Der Vorstand des Landesjugendrings (LJR) gab zu Beginn der Vollversammlung einen kurzen Bericht über die geleistete Arbeit der letzten 12 Monate und informierte die Delegierten über die Weiterentwicklung im Rahmen des Prozesses "Landesjugendring 2020".
Gemeinsame Initiative: Bündnis für Freiräume

Der weitere Fokus der Tagung lag auf dem vom LJR gegründeten "Bündnis für Freiräume", zu dem es einen ausführlichen Bericht und genügend Gelegenheit zum gegenseitigen Austausch gab.

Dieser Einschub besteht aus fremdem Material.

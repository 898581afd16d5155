//! Readers and writers of std, and the texts of faults.
use crate::devices::Sink;
use check_attr::{Fault, Pull, Push, Reader, Writer, lines};
use std::io::{self, ErrorKind, Read, Write};
use std::test::Fail;

// A reader of which each call fails.
#[derive(Drop)]
struct Interrupted;

impl Read for Interrupted {
    fn read(&mut self, _buf: &mut [u8]) -> io::Result<usize> {
        Err(io::Error::from(ErrorKind::Interrupted))
    }
}

// The count of a call, if it did not fail. An error of std is dropped here and in `is_done` alone.
fn count_of(outcome: io::Result<usize>) -> Option<usize> {
    outcome.ok()
}

fn is_done(outcome: io::Result<()>) -> bool {
    outcome.is_ok()
}

#[test]
fn counts_each_error_of_std(rt: HostRuntime) {
    let mut reader = Reader::new(Interrupted);
    let mut chunk = [0u8; 4];
    let first = count_of(Pull::read(&mut reader, &mut chunk));
    let second = count_of(Pull::read(&mut reader, &mut chunk));
    let mut sink = Sink::new(Vec::new(rt.alloc()), usize::MAX);
    (sink.failing, sink.fails_flush) = (1, true);
    let mut writer = Writer::new(sink);
    let write = count_of(Push::write(&mut writer, b"a"));
    let is_flushed = is_done(Push::flush(&mut writer));
    let failures = (reader.failures(), writer.failures());
    let outcomes = (first, second, write, is_flushed);
    assert_eq!(rt; (outcomes, failures), ((None, None, None, false), (2, 2)));
}

// How many bytes a write takes, and whether the writer is flushed behind it and behind a flush. Neither call fails.
fn write_and_flush<W: Write>(writer: &mut Writer<W>, text: &[u8]) -> Option<(usize, bool, bool)> {
    let count = count_of(Push::write(writer, text))?;
    let is_flushed = writer.is_flushed();
    let is_done = is_done(Push::flush(writer));
    is_done.then_some((count, is_flushed, writer.is_flushed()))
}

#[test]
fn flags_follow_the_calls(rt: HostRuntime) {
    let mut writer = Writer::new(Vec::new(rt.alloc()));
    let is_flushed = writer.is_flushed();
    let first = write_and_flush(&mut writer, b"a");
    let second = write_and_flush(&mut writer, b"bc");
    let flags = (is_flushed, first, second);
    let counts = (writer.failures(), writer.stalls());
    let wanted = (false, Some((1, false, true)), Some((2, false, true)));
    assert_eq!(rt; (flags, counts), (wanted, (0, 0)));
}

// A write that has no byte to take stalls nothing, and a stall before a run is none of that run.
#[test]
fn counts_each_write_that_took_no_byte_of_some(rt: HostRuntime) {
    let mut full = Writer::new(Sink::new(Vec::new(rt.alloc()), 0));
    let count = count_of(Push::write(&mut full, b""));
    assert_eq!(rt; (count, full.stalls()), (Some(0), 0));
    for stalls in 1..4 {
        let count = count_of(Push::write(&mut full, b"a"));
        assert_eq!(rt;
            (count, full.stalls(), full.failures()),
            (Some(0), stalls, 0)
        );
    }
    let is_flushed = full.is_flushed();
    let ended = lines(rt.alloc(), &mut Reader::new(b"* a\n".as_slice()), &mut full);
    let counts = (full.stalls(), full.failures());
    assert!(rt; matches!(&ended, Err(Fault::Write)));
    assert_eq!(rt; (is_flushed, counts), (false, (4, 0)));
}

#[test]
fn counts_no_call_that_succeeded(rt: HostRuntime) {
    let mut reader = Reader::new(b"abc".as_slice());
    let mut chunk = [0u8; 2];
    for wanted in [2, 1, 0] {
        let count = count_of(Pull::read(&mut reader, &mut chunk));
        assert_eq!(rt; (count, reader.failures()), (Some(wanted), 0));
    }
    let mut writer = Writer::new(Vec::new(rt.alloc()));
    let flags = write_and_flush(&mut writer, b"abc");
    let counts = (writer.failures(), writer.stalls());
    assert_eq!(rt; (flags, counts), (Some((3, false, true)), (0, 0)));
}

const FAULTS: &[(Fault, &str)] = &[
    (Fault::Record(12), "malformed record 12"),
    (Fault::Read, "reading failed"),
    (Fault::Write, "writing failed"),
    (Fault::OutOfMemory, "out of memory"),
];

#[test]
fn faults_have_texts(rt: HostRuntime) -> Result<(), Fail> {
    for (fault, text) in FAULTS {
        assert_eq!(rt; fault.to_string(rt.alloc())?.as_str(), *text);
    }
    Ok(())
}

Ziel des Bündnisses ist, mehr Freiräume für Kinder, Jugendliche und junge Erwachsene zu schaffen; sei es zeitlicher, räumlicher oder auch bedürfnisorientierter Natur. Dass der Alltag junger Menschen immer mehr von Schule, formellem Lernen und zweckgebundener Zeit geprägt ist, konnte auch Dr. Thomas Fischbach (Vorsitzender des Berufs­ver­bandes der Kinder- und Jugend­ärzte Nordrhein) bei einer Round-Table-Diskussion bestätigen. Er betonte, dass zur Per­sön­lich­keits­ent­wick­lung mehr als nur Lernen gehöre und auch Lange­weile wichtig für die Kreativitäts­entwicklung sei.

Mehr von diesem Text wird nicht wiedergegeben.